Help me out here...

Discussion in 'General Discussion' started by gho, Jun 15, 2005.

  1. gho

    gho

    Feb 7, 2005
    California
    ...with your honest opinion...

    I specifically designed my galleries so that comments and ratings could be applied, as I thought they might be helpful feedback.

    but, the results are quite confusing and perplexing for me... Some of my highest rated photos are ones I absolutely hate, and some of my favorites are among the lowest rated....

    Example:
    highest rated with 6 votes and 5 stars - I think this photo sucks, that's why I put it in a frame to draw attention away from the photo:
    [​IMG]

    Here's another highly rated one that picked up 3 votes and 5 stars, and I think it's a rather boring photo:
    [​IMG]

    lowest rated with 2 votes and zero stars - It actually took me several shots to get the look I was after:
    [​IMG]

    One of my absolute favorites, zero stars and one vote:
    [​IMG]

    Another one of my favorites at zero stars:
    [​IMG]

    All of my rated images here, ranked from highest to lowest:
    http://www.ximinasphotography.com/galleries/thumbnails.php?album=toprated&cat=0&page=1


    Here's the question: Are my photos really that bad? What do you peeps think? Do you agree with the ratings the photos have recieved? I ask here since you all are very open and candid with a eye for art and composition. I really appreciate any feedback you're willing to provide.
     
  2. Gale

    Gale

    978
    Jan 26, 2005
    Viera Fl
    Gregory,

    Your images are NOT horrible.
    What you have here is really nice pics of the people, and very difficult backgrounds and lighting.

    Considering what they gave you to work with you did a great job.

    When you first put it up I looked at almost all the images. Left a few votes here and there. Guess I should have done more and I apologize.

    Also left you a messageg on your original post of the images here.

    The most important thin is the Couple happy with them :>)))))))
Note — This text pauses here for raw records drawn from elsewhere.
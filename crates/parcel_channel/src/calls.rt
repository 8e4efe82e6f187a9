//! To send, to receive and to settle a wait.
ghost use Rattle.std.specs.Prelude.{◌≡◌, ◌<◌, Some, None, IfSome, MatchOption};
ghost use Rattle.channel_model.specs.declared.acts.Why.TheVariants as why;
ghost use Rattle.channel_model.specs.Answers.{IsReady, IsSeenClosed, IsSeenVoided};
ghost use Rattle.channel_model.specs.Answers.{LookAnswer, WithdrawAnswer, CloseAnswer, VoidAnswer};
ghost use Rattle.channel_model.specs.declared.floor.WaitState.TheVariants as state;
ghost use Rattle.parcel_channel.specs.Seen.{SameTags};
ghost use Rattle.parcel_channel.specs.Numbers.{HoldsWait};
ghost use Rattle.parcel_channel.specs.Answers.{IsMove, IsOnly, PutAnswer, TakeAnswer};
ghost use Rattle.parcel_channel.specs.Hubs.{IsOf, SamePass, seen_by, floor_by, IsLost, NumberSent, NumberTried};
ghost use Rattle.parcel_channel.specs.Hubs.{SendAnswer, TrySendAnswer, ReceiveAnswer, TryAnswer, SettleParcel, WakeParcel, DrainParcel};

use crate::answers::{ParcelGot, ParcelOffered, ParcelSent, ParcelSettled, ParcelTried};
use crate::hub::{ParcelHub, ParcelPass};
use crate::numbers::{close, drain, look, try_offer, void, wake_closed, withdraw};
use crate::store::{put, take};
use crate::waits::{
    Ended, Placed, Received, TriedReceived, end_wait, receive_next, send, try_receive_next,
};
use channel_model::{AlreadyClosed, TriedOffer, WaitState, Withdrawn};
use co_base::{Tag, Value, WaitId};

/// Draws a number and moves the value in with it; or gives it back, where no number is left.
fn put_value<T>(hub: &ParcelHub<T>, pass: &mut ParcelPass<T>, value: T) -> Result<u32, T>
    requires of { IsOf hub.now pass.old }
    ensures of { IsOf hub.now pass.new }
    ensures same { (pass.new.tag ≡ pass.old.tag) × (pass.new.pass ≡ pass.old.pass) }
    ensures tags { SameTags (seen_by pass.old) (seen_by pass.new) }
    ensures answer { PutAnswer hub.now.parcels pass.old.tag value (seen_by pass.old) (seen_by pass.new) result }
{
    put(&hub.table.shared, &mut pass.seat, hub.parcels, value)
}

/// The value of this number, if it lies in its slot.
fn take_value<T>(hub: &ParcelHub<T>, pass: &mut ParcelPass<T>, number: Value) -> Option<T>
    requires of { IsOf hub.now pass.old }
    requires number { number < hub.now.parcels }
    ensures of { IsOf hub.now pass.new }
    ensures same { (pass.new.tag ≡ pass.old.tag) × (pass.new.pass ≡ pass.old.pass) }
    ensures tags { SameTags (seen_by pass.old) (seen_by pass.new) }
    ensures answer { TakeAnswer pass.old.tag number (seen_by pass.old) (seen_by pass.new) result }
    ensures only { IfSome result (λ value. IsOnly number value (seen_by pass.old).seen) }
{
    take(&hub.table.shared, &mut pass.seat, number)
}

/// The value of this number, if there is such a number and the value lies in its slot.
fn take_out<T>(hub: &ParcelHub<T>, pass: &mut ParcelPass<T>, number: Value) -> Option<T>
    requires of { IsOf hub.now pass.old }
    ensures of { IsOf hub.now pass.new }
    ensures same { (pass.new.tag ≡ pass.old.tag) × (pass.new.pass ≡ pass.old.pass) }
    ensures tags { SameTags (seen_by pass.old) (seen_by pass.new) }
    ensures answer { MatchOption result (IsLost hub.now.parcels pass.old.tag number (seen_by pass.old) (seen_by pass.new))
        (λ x. TakeAnswer pass.old.tag number (seen_by pass.old) (seen_by pass.new) (Some x)) }
{
    if number >= hub.parcels {
        return None;
    }
    take_value(hub, pass, number)
}

/// Offers a number whose value was moved in, as its sender has seen.
fn send_number<T>(hub: &ParcelHub<T>, pass: &mut ParcelPass<T>, number: Value) -> ParcelSent<T>
    requires of { IsOf hub.now pass.old }
    requires number { number < hub.now.parcels }
    requires moved { (x : T) × IsMove number x (seen_by pass.old).seen }
    ensures of { IsOf hub.now pass.new }
    ensures same { SamePass pass.old pass.new }
    ensures answer { NumberSent pass.old.tag number (seen_by pass.old) (seen_by pass.new)
        (floor_by hub.now pass.old) (floor_by hub.now pass.new) result }
{
    match send(&hub.hub, &mut pass.pass, pass.tag, number) {
        Placed::Handed(to) => ParcelSent::Sent(Some(to), 0),
        Placed::Kept(admitted) => ParcelSent::Sent(None, admitted),
        Placed::Waits(place, admitted) => ParcelSent::Waits(WaitId { channel: 0, place }, admitted),
        Placed::Closed(closed) => match take_value(hub, pass, number) {
            Some(value) => ParcelSent::Closed(value, closed),
            None => ParcelSent::Lost,
        },
        Placed::Spent => match take_value(hub, pass, number) {
            Some(value) => ParcelSent::Spent(value),
            None => ParcelSent::Lost,
        },
    }
}

/// Offers a number whose value was moved in, as its sender has seen, unless it would have to wait.
fn try_number<T>(hub: &ParcelHub<T>, pass: &mut ParcelPass<T>, number: Value) -> ParcelOffered<T>
    requires of { IsOf hub.now pass.old }
    requires number { number < hub.now.parcels }
    requires moved { (x : T) × IsMove number x (seen_by pass.old).seen }
    ensures of { IsOf hub.now pass.new }
    ensures same { SamePass pass.old pass.new }
    ensures answer { NumberTried pass.old.tag number (seen_by pass.old) (seen_by pass.new)
        (floor_by hub.now pass.old) (floor_by hub.now pass.new) result }
{
    match try_offer(&hub.hub, &mut pass.pass, pass.tag, number) {
        TriedOffer::Handed(_place, to) => ParcelOffered::Sent(Some(to)),
        TriedOffer::Put(_place) => ParcelOffered::Sent(None),
        TriedOffer::Full => match take_value(hub, pass, number) {
            Some(value) => ParcelOffered::Full(value),
            None => ParcelOffered::Lost,
        },
        TriedOffer::Closed(closed) => match take_value(hub, pass, number) {
            Some(value) => ParcelOffered::Closed(value, closed),
            None => ParcelOffered::Lost,
        },
        TriedOffer::Spent => match take_value(hub, pass, number) {
            Some(value) => ParcelOffered::Spent(value),
            None => ParcelOffered::Lost,
        },
    }
}

impl<T> ParcelHub<T> {
    /// Moves the value in, and sends its number; or waits. Where the channel is closed or has no place left, the value comes back.
    ///
    /// Example: `send_text` in `docs/LIBRARY.md`.
    pub fn send(&self, pass: &mut ParcelPass<T>, value: T) -> ParcelSent<T>
        requires of { IsOf self.now pass.old }
        ensures of { IsOf self.now pass.new }
        ensures same { SamePass pass.old pass.new }
        ensures answer { SendAnswer self.now.parcels pass.old.tag value (seen_by pass.old) (seen_by pass.new)
            (floor_by self.now pass.old) (floor_by self.now pass.new) result }
    {
        match put_value(self, pass, value) {
            Err(value) => ParcelSent::NoParcel(value),
            Ok(number) => send_number(self, pass, number),
        }
    }

    /// Moves the value in, and sends its number, unless it would have to wait; then, and where the channel is closed or has no place left,
    /// the value comes back. Each try draws a number, also one whose value comes back.
    pub fn try_send(&self, pass: &mut ParcelPass<T>, value: T) -> ParcelOffered<T>
        requires of { IsOf self.now pass.old }
        ensures of { IsOf self.now pass.new }
        ensures same { SamePass pass.old pass.new }
        ensures answer { TrySendAnswer self.now.parcels pass.old.tag value (seen_by pass.old) (seen_by pass.new)
            (floor_by self.now pass.old) (floor_by self.now pass.new) result }
    {
        let drawn = put_value(self, pass, value);
        match drawn {
            Err(back) => ParcelOffered::NoParcel(back),
            Ok(number) => try_number(self, pass, number),
        }
    }

    /// Settles the own wait, which was seen resolved. A value that it was handed is moved out.
    pub fn settle(
        &self,
        pass: &mut ParcelPass<T>,
        wait: WaitId,
        cancelled: bool,
    ) -> ParcelSettled<T>
        requires of { IsOf self.now pass.old }
        requires wait { wait.channel ≡ 0 }
        requires ready { IsReady pass.old.tag wait (floor_by self.now pass.old) }
        ensures of { IsOf self.now pass.new }
        ensures same { SamePass pass.old pass.new }
        ensures answer { SettleParcel self.now.parcels pass.old.tag wait cancelled (seen_by pass.old) (seen_by pass.new)
            (floor_by self.now pass.old) (floor_by self.now pass.new) result }
    {
        match end_wait(&self.hub, &mut pass.pass, pass.tag, wait, cancelled) {
            Ended::Value(number) => match take_out(self, pass, number) {
                Some(value) => ParcelSettled::Value(value),
                None => ParcelSettled::Lost,
            },
            Ended::Sent => ParcelSettled::Sent,
            Ended::Closed(value) => ParcelSettled::Closed(value),
            Ended::Withdrew(number) => match take_out(self, pass, number) {
                Some(value) => ParcelSettled::Cancelled(Some(value)),
                None => ParcelSettled::Lost,
            },
            Ended::Cancelled => ParcelSettled::Cancelled(None),
            Ended::Undelivered(number) => match take_out(self, pass, number) {
                Some(value) => ParcelSettled::Undelivered(value),
                None => ParcelSettled::Lost,
            },
        }
    }

    /// Receives a number, and moves its value out; or waits.
    ///
    /// Example: `three_texts` in `docs/LIBRARY.md`.
    pub fn receive(&self, pass: &mut ParcelPass<T>) -> ParcelGot<T>
        requires of { IsOf self.now pass.old }
        ensures of { IsOf self.now pass.new }
        ensures same { SamePass pass.old pass.new }
        ensures answer { ReceiveAnswer self.now.parcels pass.old.tag (seen_by pass.old) (seen_by pass.new)
            (floor_by self.now pass.old) (floor_by self.now pass.new) result }
    {
        match receive_next(&self.hub, &mut pass.pass, pass.tag) {
            Received::Taken(number, from, admitted) => match take_out(self, pass, number) {
                Some(value) => ParcelGot::Value(value, from, admitted),
                None => ParcelGot::Lost(from, admitted),
            },
            Received::Waiting(place) => ParcelGot::Waits(WaitId { channel: 0, place }),
            Received::Closed(value) => ParcelGot::Closed(value),
            Received::Spent => ParcelGot::Spent,
        }
    }

    /// Receives a number, if one is there, and moves its value out; never waits.
    pub fn try_receive(&self, pass: &mut ParcelPass<T>) -> ParcelTried<T>
        requires of { IsOf self.now pass.old }
        ensures of { IsOf self.now pass.new }
        ensures same { SamePass pass.old pass.new }
        ensures answer { TryAnswer self.now.parcels pass.old.tag (seen_by pass.old) (seen_by pass.new)
            (floor_by self.now pass.old) (floor_by self.now pass.new) result }
    {
        match try_receive_next(&self.hub, &mut pass.pass, pass.tag) {
            TriedReceived::Taken(number, from, admitted) => match take_out(self, pass, number) {
                Some(value) => ParcelTried::Value(value, from, admitted),
                None => ParcelTried::Lost(from, admitted),
            },
            TriedReceived::Empty => ParcelTried::Empty,
            TriedReceived::Closed(value) => ParcelTried::Closed(value),
        }
    }

    /// How far the own wait is, which did not end.
    pub fn look(&self, pass: &mut ParcelPass<T>, wait: WaitId) -> WaitState
        requires of { IsOf self.now pass.old }
        requires wait { wait.channel ≡ 0 }
        requires holds { HoldsWait pass.old.tag wait (floor_by self.now pass.old) }
        ensures of { IsOf self.now pass.new }
        ensures same { SamePass pass.old pass.new × (seen_by pass.new ≡ seen_by pass.old) }
        ensures answer { LookAnswer pass.old.tag wait (floor_by self.now pass.old) (floor_by self.now pass.new) result }
        ensures holds { HoldsWait pass.new.tag wait (floor_by self.now pass.new) }
        ensures ready { result ≡ state.Resolved → IsReady pass.new.tag wait (floor_by self.now pass.new) }
    {
        look(&self.hub, &mut pass.pass, pass.tag, wait)
    }

    /// Takes the own wait back, which did not end, unless it was resolved before. In both cases it may be settled then.
    pub fn withdraw(&self, pass: &mut ParcelPass<T>, wait: WaitId) -> Withdrawn
        requires of { IsOf self.now pass.old }
        requires wait { wait.channel ≡ 0 }
        requires holds { HoldsWait pass.old.tag wait (floor_by self.now pass.old) }
        ensures of { IsOf self.now pass.new }
        ensures same { SamePass pass.old pass.new × (seen_by pass.new ≡ seen_by pass.old) }
        ensures answer { WithdrawAnswer pass.old.tag wait why.Cancelled (floor_by self.now pass.old) (floor_by self.now pass.new) result }
        ensures ready { IsReady pass.new.tag wait (floor_by self.now pass.new) }
    {
        withdraw(&self.hub, &mut pass.pass, pass.tag, wait)
    }

    /// Closes the channel with a value. What stands there still stands.
    ///
    /// Example: `three_texts` in `docs/LIBRARY.md`.
    pub fn close(&self, pass: &mut ParcelPass<T>, v: Value) -> Result<(), AlreadyClosed>
        requires of { IsOf self.now pass.old }
        ensures of { IsOf self.now pass.new }
        ensures same { SamePass pass.old pass.new × (seen_by pass.new ≡ seen_by pass.old) }
        ensures answer { CloseAnswer pass.old.tag 0 v (floor_by self.now pass.old) (floor_by self.now pass.new) result }
    {
        close(&self.hub, &mut pass.pass, pass.tag, v)
    }

    /// Tells the first receiver of a channel that was seen closed: its coroutine. None: nobody stands there.
    pub fn wake_closed(&self, pass: &mut ParcelPass<T>) -> Option<Tag>
        requires of { IsOf self.now pass.old }
        requires closed { IsSeenClosed 0 (floor_by self.now pass.old) }
        ensures of { IsOf self.now pass.new }
        ensures same { SamePass pass.old pass.new × (seen_by pass.new ≡ seen_by pass.old) }
        ensures answer { WakeParcel pass.old.tag (floor_by self.now pass.old) (floor_by self.now pass.new) result }
    {
        match wake_closed(&self.hub, &mut pass.pass, pass.tag) {
            Some((_, to)) => Some(to),
            None => None,
        }
    }

    /// Cancels a channel that was seen closed, unless it was cancelled before.
    pub fn void(&self, pass: &mut ParcelPass<T>) -> bool
        requires of { IsOf self.now pass.old }
        requires closed { IsSeenClosed 0 (floor_by self.now pass.old) }
        ensures of { IsOf self.now pass.new }
        ensures same { SamePass pass.old pass.new × (seen_by pass.new ≡ seen_by pass.old) }
        ensures answer { VoidAnswer pass.old.tag 0 (floor_by self.now pass.old) (floor_by self.now pass.new) result }
    {
        void(&self.hub, &mut pass.pass, pass.tag)
    }

    /// Removes the first number of a channel that was seen cancelled, and moves its value out; and the coroutine that waited with it,
    /// if one did.
    pub fn drain(&self, pass: &mut ParcelPass<T>) -> Option<(Option<T>, Option<Tag>)>
        requires of { IsOf self.now pass.old }
        requires voided { IsSeenVoided 0 (floor_by self.now pass.old) }
        ensures of { IsOf self.now pass.new }
        ensures same { SamePass pass.old pass.new }
        ensures answer { DrainParcel self.now.parcels pass.old.tag (seen_by pass.old) (seen_by pass.new)
            (floor_by self.now pass.old) (floor_by self.now pass.new) result }
    {
        match drain(&self.hub, &mut pass.pass, pass.tag) {
            None => None,
            Some((_, number, from)) => {
                let value = take_out(self, pass, number);
                Some((value, from))
            }
        }
    }
}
    I don't think I would pay much attention tp the voting thing as most people just look and go on.
     
  3. eng45ine

    eng45ine

    May 11, 2005
    Chicago, IL
    Hey Greg,

    I paged through about 60 of your images and I thought that they were very nice captures. None of them were undesirable or uninteresting. You have to understand that people look at your work as fine art...and art is something that either hits you or doesn't hit you. You have images with young children...those images should truly impress their parents and families but not necessarily the general public. You will always get a more favorable response by someone that has an attachment to the subject of the image/artwork. Then again, there are some people that might not really see what you saw when you shot the image, e.i. the eyes of the Father giving his daughter's hand in marriage, the look of the new husband or vice versa, the innocence of the young children, the wonderful colors of the fish...
    I have shot what I thought were outstanding images of kids playing high school baseball and a few of the best images did not sell...talk about scratching my head. I thought these images could have made it into a magazine they were so good.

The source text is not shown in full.